Collected data entries:
##########

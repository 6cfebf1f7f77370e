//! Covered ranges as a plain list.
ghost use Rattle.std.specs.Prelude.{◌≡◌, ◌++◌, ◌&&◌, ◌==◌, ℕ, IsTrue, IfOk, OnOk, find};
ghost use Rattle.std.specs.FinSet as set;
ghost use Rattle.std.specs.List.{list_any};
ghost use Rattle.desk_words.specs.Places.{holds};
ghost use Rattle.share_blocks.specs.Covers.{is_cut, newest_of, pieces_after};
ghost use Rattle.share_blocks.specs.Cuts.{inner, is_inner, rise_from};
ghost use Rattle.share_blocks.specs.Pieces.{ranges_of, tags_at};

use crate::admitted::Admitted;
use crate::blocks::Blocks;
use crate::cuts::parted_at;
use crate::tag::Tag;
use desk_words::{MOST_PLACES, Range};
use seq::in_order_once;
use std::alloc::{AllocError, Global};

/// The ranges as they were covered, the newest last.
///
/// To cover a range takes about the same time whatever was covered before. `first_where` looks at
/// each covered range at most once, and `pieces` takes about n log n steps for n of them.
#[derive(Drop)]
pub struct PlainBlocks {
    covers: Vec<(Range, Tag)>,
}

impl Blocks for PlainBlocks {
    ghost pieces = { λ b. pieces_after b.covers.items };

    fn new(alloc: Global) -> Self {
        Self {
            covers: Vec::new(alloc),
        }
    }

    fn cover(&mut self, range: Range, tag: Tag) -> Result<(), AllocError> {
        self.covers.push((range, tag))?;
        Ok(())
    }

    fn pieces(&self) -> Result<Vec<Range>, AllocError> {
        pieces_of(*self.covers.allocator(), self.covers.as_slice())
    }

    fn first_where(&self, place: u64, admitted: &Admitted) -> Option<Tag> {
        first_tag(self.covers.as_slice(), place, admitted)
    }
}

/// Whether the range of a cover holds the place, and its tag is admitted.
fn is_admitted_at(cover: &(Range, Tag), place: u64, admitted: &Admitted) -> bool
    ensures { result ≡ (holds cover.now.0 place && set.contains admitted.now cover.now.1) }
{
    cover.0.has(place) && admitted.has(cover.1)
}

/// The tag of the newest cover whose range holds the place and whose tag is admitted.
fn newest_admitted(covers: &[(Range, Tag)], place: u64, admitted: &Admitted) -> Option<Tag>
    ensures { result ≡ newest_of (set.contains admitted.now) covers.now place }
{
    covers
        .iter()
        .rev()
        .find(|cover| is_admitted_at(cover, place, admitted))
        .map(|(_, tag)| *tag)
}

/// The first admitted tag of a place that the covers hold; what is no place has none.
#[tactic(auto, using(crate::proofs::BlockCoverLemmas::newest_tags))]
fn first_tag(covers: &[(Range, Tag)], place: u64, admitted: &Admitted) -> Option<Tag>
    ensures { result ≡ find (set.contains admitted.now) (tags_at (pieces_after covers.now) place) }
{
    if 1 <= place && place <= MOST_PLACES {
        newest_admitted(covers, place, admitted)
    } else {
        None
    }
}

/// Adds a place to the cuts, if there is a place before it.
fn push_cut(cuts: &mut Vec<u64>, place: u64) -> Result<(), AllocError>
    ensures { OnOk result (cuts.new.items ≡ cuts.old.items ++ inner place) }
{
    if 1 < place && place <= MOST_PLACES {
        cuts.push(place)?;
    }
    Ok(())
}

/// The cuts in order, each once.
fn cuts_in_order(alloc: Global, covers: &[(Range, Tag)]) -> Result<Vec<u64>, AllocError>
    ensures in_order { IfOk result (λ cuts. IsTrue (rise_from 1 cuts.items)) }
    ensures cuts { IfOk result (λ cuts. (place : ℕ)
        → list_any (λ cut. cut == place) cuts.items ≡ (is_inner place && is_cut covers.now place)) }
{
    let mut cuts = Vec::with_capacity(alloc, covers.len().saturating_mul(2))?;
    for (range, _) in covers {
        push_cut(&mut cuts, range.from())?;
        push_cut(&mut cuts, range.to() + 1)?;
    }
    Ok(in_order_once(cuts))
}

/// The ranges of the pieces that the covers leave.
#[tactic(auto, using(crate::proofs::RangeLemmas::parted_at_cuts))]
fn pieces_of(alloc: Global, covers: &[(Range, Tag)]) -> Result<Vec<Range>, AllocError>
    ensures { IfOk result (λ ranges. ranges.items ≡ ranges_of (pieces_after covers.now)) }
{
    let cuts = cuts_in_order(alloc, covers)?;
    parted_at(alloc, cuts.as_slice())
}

##########

:: WHAT NEEDS TO BE DONE ::
Every line of the data must be reproduced exactly.

:: RESULT ::
repository 6cfebf1f7f77370e
//! Covered ranges as a plain list.
ghost use Rattle.std.specs.Prelude.{◌≡◌, ◌++◌, ◌&&◌, ◌==◌, ℕ, IsTrue, IfOk, OnOk, find};
ghost use Rattle.std.specs.FinSet as set;
ghost use Rattle.std.specs.List.{list_any};
ghost use Rattle.desk_words.specs.Places.{holds};
ghost use Rattle.share_blocks.specs.Covers.{is_cut, newest_of, pieces_after};
ghost use Rattle.share_blocks.specs.Cuts.{inner, is_inner, rise_from};
ghost use Rattle.share_blocks.specs.Pieces.{ranges_of, tags_at};

use crate::admitted::Admitted;
use crate::blocks::Blocks;
use crate::cuts::parted_at;
use crate::tag::Tag;
use desk_words::{MOST_PLACES, Range};
use seq::in_order_once;
use std::alloc::{AllocError, Global};

/// The ranges as they were covered, the newest last.
///
/// To cover a range takes about the same time whatever was covered before. `first_where` looks at
/// each covered range at most once, and `pieces` takes about n log n steps for n of them.
#[derive(Drop)]
pub struct PlainBlocks {
    covers: Vec<(Range, Tag)>,
}

impl Blocks for PlainBlocks {
    ghost pieces = { λ b. pieces_after b.covers.items };

    fn new(alloc: Global) -> Self {
        Self {
            covers: Vec::new(alloc),
        }
    }

    fn cover(&mut self, range: Range, tag: Tag) -> Result<(), AllocError> {
        self.covers.push((range, tag))?;
        Ok(())
    }

    fn pieces(&self) -> Result<Vec<Range>, AllocError> {
        pieces_of(*self.covers.allocator(), self.covers.as_slice())
    }

    fn first_where(&self, place: u64, admitted: &Admitted) -> Option<Tag> {
        first_tag(self.covers.as_slice(), place, admitted)
    }
}

/// Whether the range of a cover holds the place, and its tag is admitted.
fn is_admitted_at(cover: &(Range, Tag), place: u64, admitted: &Admitted) -> bool
    ensures { result ≡ (holds cover.now.0 place && set.contains admitted.now cover.now.1) }
{
    cover.0.has(place) && admitted.has(cover.1)
}

/// The tag of the newest cover whose range holds the place and whose tag is admitted.
fn newest_admitted(covers: &[(Range, Tag)], place: u64, admitted: &Admitted) -> Option<Tag>
    ensures { result ≡ newest_of (set.contains admitted.now) covers.now place }
{
    covers
        .iter()
        .rev()
        .find(|cover| is_admitted_at(cover, place, admitted))
        .map(|(_, tag)| *tag)
}

/// The first admitted tag of a place that the covers hold; what is no place has none.
#[tactic(auto, using(crate::proofs::BlockCoverLemmas::newest_tags))]
fn first_tag(covers: &[(Range, Tag)], place: u64, admitted: &Admitted) -> Option<Tag>
    ensures { result ≡ find (set.contains admitted.now) (tags_at (pieces_after covers.now) place) }
{
    if 1 <= place && place <= MOST_PLACES {
        newest_admitted(covers, place, admitted)
    } else {
        None
    }
}

/// Adds a place to the cuts, if there is a place before it.
fn push_cut(cuts: &mut Vec<u64>, place: u64) -> Result<(), AllocError>
    ensures { OnOk result (cuts.new.items ≡ cuts.old.items ++ inner place) }
{
    if 1 < place && place <= MOST_PLACES {
        cuts.push(place)?;
    }
    Ok(())
}

/// The cuts in order, each once.
fn cuts_in_order(alloc: Global, covers: &[(Range, Tag)]) -> Result<Vec<u64>, AllocError>
    ensures in_order { IfOk result (λ cuts. IsTrue (rise_from 1 cuts.items)) }
    ensures cuts { IfOk result (λ cuts. (place : ℕ)
        → list_any (λ cut. cut == place) cuts.items ≡ (is_inner place && is_cut covers.now place)) }
{
    let mut cuts = Vec::with_capacity(alloc, covers.len().saturating_mul(2))?;
    for (range, _) in covers {
        push_cut(&mut cuts, range.from())?;
        push_cut(&mut cuts, range.to() + 1)?;
    }
    Ok(in_order_once(cuts))
}

/// The ranges of the pieces that the covers leave.
#[tactic(auto, using(crate::proofs::RangeLemmas::parted_at_cuts))]
fn pieces_of(alloc: Global, covers: &[(Range, Tag)]) -> Result<Vec<Range>, AllocError>
    ensures { IfOk result (λ ranges. ranges.items ≡ ranges_of (pieces_after covers.now)) }
{
    let cuts = cuts_in_order(alloc, covers)?;
    parted_at(alloc, cuts.as_slice())
}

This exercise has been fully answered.